Em 2015, a taxa passou para 83%. Já o serviço de esgoto, que era inexistente em 1998, passou para 13%, em 2010; e para pífios 22%, em 2015. Nos 48 municípios controlados pela Saneatins, este percentual é de 32%, também muito baixo, considerando o tempo decorrido de 16 anos de atuação. O estudo critica a ineficácia da regulação dos contratos e explica que “os municípios de pequeno porte são os mais prejudicados, pois além de menos lucrativos, têm carência de apoio do estado, pouca capacidade técnica e quase nenhuma força política para negociar com o prestador dos serviços de saneamento”.

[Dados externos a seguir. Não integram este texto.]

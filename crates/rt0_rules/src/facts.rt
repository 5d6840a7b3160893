ghost use Rattle.std.specs.Prelude.{◌≡◌, find, IfNone, IfSome};
ghost use Rattle.std.specs.List.{list_all};
ghost use Rattle.rt0_rules.specs.Facts.{knows, holds_link, holds_part, holds, is_owed, IsOwed, IsClosed};

use credential_text::{Credential, Expr, Part};
use names::{Entity, Role, RoleName};

/// A membership that was found: who is in the role.
#[derive(Clone, Copy)]
pub struct Fact {
    pub role: Role,
    pub who: Entity,
}

/// Whether the membership is among the facts.
pub fn knows(facts: &[Fact], role: &Role, who: &Entity) -> bool
    ensures { result ≡ knows facts.now role.now who.now }
{
    facts
        .iter()
        .any(|fact| fact.role == *role && fact.who == *who)
}

/// Whether somebody that the facts have in the base has the entity in its role of this name.
fn holds_link(facts: &[Fact], who: &Entity, base: &Role, name: &RoleName) -> bool
    ensures { result ≡ holds_link facts.now who.now base.now name.now }
{
    facts.iter().any(|fact| {
        let given = Role {
            owner: fact.who,
            name: *name,
        };
        fact.role == *base && knows(facts, &given, who)
    })
}

/// Whether one rule gives from the facts that the entity is in the part.
fn holds_part(facts: &[Fact], who: &Entity, part: &Part) -> bool
    ensures { result ≡ holds_part facts.now who.now part.now }
{
    match part {
        Part::Ent(entity) => *entity == *who,
        Part::Rol(role) => knows(facts, role, who),
        Part::Link(base, name) => holds_link(facts, who, base, name),
    }
}

/// Whether one rule gives from the facts that the entity is in each part.
fn holds_each(facts: &[Fact], who: &Entity, parts: &[Part]) -> bool
    ensures { result ≡ list_all (holds_part facts.now who.now) parts.now }
{
    parts.iter().all(|part| holds_part(facts, who, part))
}

/// Whether one rule gives from the facts that the entity is in the expression.
pub fn holds(facts: &[Fact], who: &Entity, expr: &Expr) -> bool
    ensures { result ≡ holds facts.now who.now expr.now }
{
    match expr {
        Expr::Ent(entity) => *entity == *who,
        Expr::Rol(role) => knows(facts, role, who),
        Expr::Link(base, name) => holds_link(facts, who, base, name),
        Expr::Meet(parts) => holds_each(facts, who, parts.as_slice()),
    }
}

/// Whether the credential gives the entity a membership that isn't known.
fn is_owed(facts: &[Fact], credential: &Credential, who: &Entity) -> bool
    ensures { result ≡ is_owed facts.now credential.now who.now }
{
    holds(facts, who, &credential.body) && !knows(facts, &credential.head, who)
}

/// The first entity to which the credential gives a membership that isn't known.
fn next_owed(facts: &[Fact], credential: &Credential, entities: &[Entity]) -> Option<Entity>
    ensures { result ≡ find (is_owed facts.now credential.now) entities.now }
{
    entities
        .iter()
        .copied()
        .find(|who| is_owed(facts, credential, who))
}

/// A membership that a credential gives to one of the entities and that isn't known, if there is one.
pub fn next_fact(credentials: &[Credential], entities: &[Entity], facts: &[Fact]) -> Option<Fact>
    ensures found { IfSome result (IsOwed credentials.now entities.now facts.now) }
    ensures closed { IfNone result (IsClosed credentials.now entities.now facts.now) }
{
    for credential in credentials {
        if let Some(who) = next_owed(facts, credential, entities) {
            let role = credential.head;
            return Some(Fact { role, who });
        }
    }
    None
}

Assim, apenas quatro municípios tocantinenses, os únicos que superam 50 mil habitantes, conseguiram alterar os contratos no período entre 1999 e 2014: Palmas, Araguaína, Gurupi e Porto Nacional. A capital, Palmas, conseguiu renegociar em 2013, quando a Saneatins precisava da anuência da prefeitura para obter um empréstimo de R$ 240 milhões da Caixa. Foi quando finalmente conseguiu a priorização de bairros carentes e com riscos de alagamento na implantação da rede de coleta e tratamento de esgotos e também a instituição de um comitê gestor para fiscalizar e decidir as áreas prioritárias de expansão dos serviços.
“Com as alterações no contrato de concessão e viabilização dos investimentos, houve uma expansão rápida da cobertura dos serviços na cidade, de 89,9% em 2013 para 99,9% em 2015, no abastecimento de água; e de 43,5% para 71,1% no esgotamento sanitário, no mesmo período”, observam Raquel Soares, Irene Altafin, Maria Teresa Duclos e Samuel Arthur Dias, autores do estudo. Mesmo a tese da “devolução” dos 77 municípios, alertada pelo ex-secretário Nacional de Saneamento Ambiental, Abelardo Oliveira Júnior, traz lições que devem ser observadas neste momento em que se tenta privatizar outras companhias estaduais de água e esgoto, como a Cedae, do Rio de Janeiro. Os riscos para os municípios sem força política diante do gigantismo das transnacionais não podem ser ignorados.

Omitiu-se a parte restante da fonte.